→ **Instructions to follow**
Go through the records, and copy each line in which the string "ByteBuf" is present.

→ **Dataset entries**
· · ·
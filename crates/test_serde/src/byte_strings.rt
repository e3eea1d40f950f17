// Byte strings and floats as fields.

use crate::checks::{is_read, is_refused_at, is_written, is_written_with};
use cbor_serde::bytes::{ByteArray, ByteBuf, Bytes};
use cbor_serde::{
    Float, FloatItem, Options, Result as Answer, from_reader, from_slice, to_vec_canonical,
};
use serde::{Deserialize, Serialize};
use std::alloc::Global;
use std::process::Abort;
use test_checks::Verdict;

#[derive(Debug, Drop, PartialEq, Serialize, Deserialize)]
struct Parcel {
    key: ByteBuf,
    hash: ByteArray<2>,
    weight: FloatItem,
    rest: Vec<ByteBuf>,
}

// {"key": h'01020304', "hash": h'0102', "weight": 1.5, "rest": [h'']}, by RFC 7049, Appendix A.
const PARCEL: &[u8] = b"\xa4\x63key\x44\x01\x02\x03\x04\x64hash\x42\x01\x02\
      \x66weight\xfb\x3f\xf8\0\0\0\0\0\0\x64rest\x81\x40";

fn read_parcel(alloc: Global) -> Answer<Parcel> {
    from_slice(alloc, PARCEL)
}

#[test]
fn are_fields(rt: HostRuntime) -> Verdict {
    let alloc = rt.alloc();
    let parcel = read_parcel(alloc)?;
    assert_eq!(rt; parcel.key.0.as_slice(), [1, 2, 3, 4].as_slice());
    assert_eq!(rt; parcel.hash, ByteArray([1, 2]));
    assert_eq!(rt; parcel.weight, FloatItem(Float::from(1.5f64)));
    is_written(&rt, alloc, &parcel, PARCEL)?;
    let again: Parcel = from_reader(alloc, PARCEL)?;
    assert!(rt; again == parcel);
    Ok(())
}

// RFC 7049, Appendix A: h'', h'01020304', and (_ h'0102', h'030405').
#[test]
fn are_byte_strings(rt: HostRuntime) -> Verdict {
    let alloc = rt.alloc();
    let empty: ByteBuf = from_slice(alloc, b"\x40")?;
    is_written(&rt, alloc, &empty, b"\x40")?;
    let four = b"\x44\x01\x02\x03\x04";
    is_read(&rt, alloc, four, Bytes(b"\x01\x02\x03\x04"))?;
    is_written(&rt, alloc, &from_slice::<Bytes>(alloc, four)?, four)
}

#[test]
fn are_one_string_of_chunks(rt: HostRuntime) -> Verdict {
    let alloc = rt.alloc();
    let chunks: ByteArray<5> = from_slice(alloc, b"\x5f\x42\x01\x02\x43\x03\x04\x05\xff")?;
    assert_eq!(rt;
        to_vec_canonical(alloc, &chunks)?.as_slice(),
        b"\x45\x01\x02\x03\x04\x05".as_slice()
    );
    Ok(())
}

#[derive(Clone, Copy)]
enum As {
    ByteBuf,
    Two,
    Lent,
}

// Whether the bytes are read as this type.
fn reads(alloc: Global, bytes: &[u8], of: As) -> Answer<()> {
    match of {
        As::ByteBuf => {
            from_slice::<ByteBuf>(alloc, bytes)?;
        }
        As::Two => {
            from_slice::<ByteArray<2>>(alloc, bytes)?;
        }
        As::Lent => {
            from_slice::<Bytes>(alloc, bytes)?;
        }
    }
    Ok(())
}

const NOTHING_ELSE: &[(As, &[u8], &str)] = &[
    (As::ByteBuf, b"\x82\x01\x02", "invalid type: expected bytes"),
    (As::ByteBuf, b"\x62\x61\x62", "invalid type: expected bytes"),
    (As::Two, b"\x43\x01\x02\x03", "invalid length"),
    (
        As::Lent,
        b"\x5f\x41\x01\xff",
        "invalid type: expected a borrowed string",
    ),
    (
        As::Two,
        b"\x42\x01",
        "EOF while parsing a value at offset 2",
    ),
];

#[test]
fn are_nothing_else(rt: HostRuntime) -> Verdict {
    for (row, (of, bytes, words)) in NOTHING_ELSE.iter().enumerate() {
        is_refused_at(row, reads(rt.alloc(), bytes, *of), words)?;
    }
    Ok(())
}

fn read_float(alloc: Global, bytes: &[u8]) -> Answer<FloatItem> {
    from_slice(alloc, bytes)
}

// RFC 7049, Appendix A: 1.5 in 16 bits, 100000.0 in 32, and 1.1 in 64; and 100000.0 as the integer.
const HALF: &[u8] = b"\xf9\x3e\0";

const SINGLE: &[u8] = b"\xfa\x47\xc3\x50\0";

const DOUBLE: &[u8] = b"\xfb\x3f\xf1\x99\x99\x99\x99\x99\x9a";

const WHOLE: &[u8] = b"\x1a\0\x01\x86\xa0";

#[test]
fn keeps_the_numbers_of_floats(rt: HostRuntime) -> Verdict {
    let alloc = rt.alloc();
    assert_eq!(rt; read_float(alloc, HALF)?, FloatItem(Float::from(1.5f64)));
    let single = read_float(alloc, SINGLE)?;
    assert_eq!(rt; single.0.to_f64(), 100000.0);
    assert_eq!(rt; read_float(alloc, WHOLE)?, single);
    Ok(())
}

// The last is written by the option for shortest floats.
#[test]
fn keeps_the_width_of_floats(rt: HostRuntime) -> Verdict {
    let alloc = rt.alloc();
    is_written(&rt, alloc, &read_float(alloc, DOUBLE)?, DOUBLE)?;
    is_written(&rt, alloc, &FloatItem(Float::Single(0x47c3_5000)), SINGLE)?;
    let shortest = Options::new().shortest_floats();
    is_written_with(&rt, shortest, alloc, &read_float(alloc, HALF)?, HALF)
}

// JSON has no byte strings: the kit's `serde_json` writes and reads an array of numbers.
#[test]
fn go_to_json(rt: HostRuntime) -> Verdict {
    let alloc = rt.alloc();
    let parcel = read_parcel(alloc)?;
    let text = serde_json::to_string(alloc, &parcel)?;
    assert_eq!(rt;
        text.as_str(),
        "{\"key\":[1,2,3,4],\"hash\":[1,2],\"weight\":1.5,\"rest\":[[]]}"
    );
    let again: Parcel = serde_json::from_str(alloc, text.as_str())?;
    assert!(rt; again == parcel);
    Ok(())
}

#[test]
fn are_lent_by_json(rt: HostRuntime) -> Verdict {
    let lent: Bytes = serde_json::from_str(rt.alloc(), "\"IETF\"")?;
    assert_eq!(rt; lent, Bytes(b"IETF"));
    Ok(())
}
· · ·
→ **Answer section**
use cbor_serde::bytes::{ByteArray, ByteBuf, Bytes};
    key: ByteBuf,
    rest: Vec<ByteBuf>,
    let empty: ByteBuf = from_slice(alloc, b"\x40")?;
    ByteBuf,
        As::ByteBuf => {
            from_slice::<ByteBuf>(alloc, bytes)?;
    (As::ByteBuf, b"\x82\x01\x02", "invalid type: expected bytes"),
    (As::ByteBuf, b"\x62\x61\x62", "invalid type: expected bytes"),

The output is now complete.